━━━ Data provided ━━━
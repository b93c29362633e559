//! Options that are given again when a session is resumed.

use crate::escaped::tell;
use crate::no_memory;
use crate::shown::Audience;
use command_words::RepeatedWords;
use file_commands::Status;
use journal_papers::JournalPaper;
use operator_desk::{RepeatedOption, first_different, page_word, value_begun};
use std::alloc::{AllocError, Global};
use std::fmt::Display;
use std::rt::Runtime;

/// Adds an option with its value.
fn add<D: Display>(
    alloc: Global,
    options: &mut Vec<RepeatedOption>,
    name: &'static str,
    value: &D,
) -> Result<(), AllocError> {
    let value = format!(in alloc; "{value}")?;
    options.push(RepeatedOption { name, value })?;
    Ok(())
}

/// Adds the options with a value that are given.
fn add_values(
    alloc: Global,
    options: &mut Vec<RepeatedOption>,
    words: &RepeatedWords<'_>,
) -> Result<(), AllocError> {
    if let Some(budget) = words.budget {
        add(alloc, options, "--budget", &budget)?;
    }
    if let Some(limit) = words.limit {
        add(alloc, options, "--limit", &limit.records())?;
    }
    if let Some(day) = words.day {
        add(alloc, options, "--today", &day)?;
    }
    if words.page.is_some() {
        add(alloc, options, "--from", &page_word(words.page))?;
    }
    if let Some(path) = words.save.backup {
        add(alloc, options, "--backup", &path)?;
    }
    Ok(())
}

/// The options that are given.
fn repeated_options(
    alloc: Global,
    words: &RepeatedWords<'_>,
) -> Result<Vec<RepeatedOption>, AllocError> {
    let mut options = Vec::new(alloc);
    add_values(alloc, &mut options, words)?;
    let flags = [
        ("--rehearse", words.rehearse),
        ("--only-finished", words.save.only_finished),
        ("--new-owner", words.save.new_owner),
        ("--no-lock", words.save.no_lock),
        ("--keep-unchanged", words.save.keep_unchanged),
    ];
    for (name, is_given) in flags {
        if is_given {
            add(alloc, &mut options, name, &"yes")?;
        }
    }
    Ok(options)
}

/// Whether the options that are given again have the values with which the session was begun, by the text `begun`. If
/// one has another value, both values are reported on standard error, and the status is that of wrong arguments.
pub fn is_repeated<R: Runtime<A = Global>>(
    rt: &R,
    audience: Audience,
    said: &JournalPaper,
    begun: &str,
    words: &RepeatedWords<'_>,
) -> Result<(), Status> {
    let Ok(options) = repeated_options(rt.alloc(), words) else {
        return Err(no_memory(rt));
    };
    let Some(place) = first_different(said, options.as_slice()) else {
        return Ok(());
    };
    if let Some(RepeatedOption { name, value }) = options.as_slice().get(place) {
        let then = match value_begun(said, name) {
            "" => "none",
            then => then,
        };
        tell(
            rt,
            audience,
            &format_args!(
                "error: {name} is {value} here, and {then} in {begun}; leave it out to resume the session"
            ),
        );
    }
    Err(Status::Words)
}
━━━
» Exercise prompt
Using the records, find the number of lines in which the string "name" occurs. Reply with that number alone.

» Answer to this exercise
7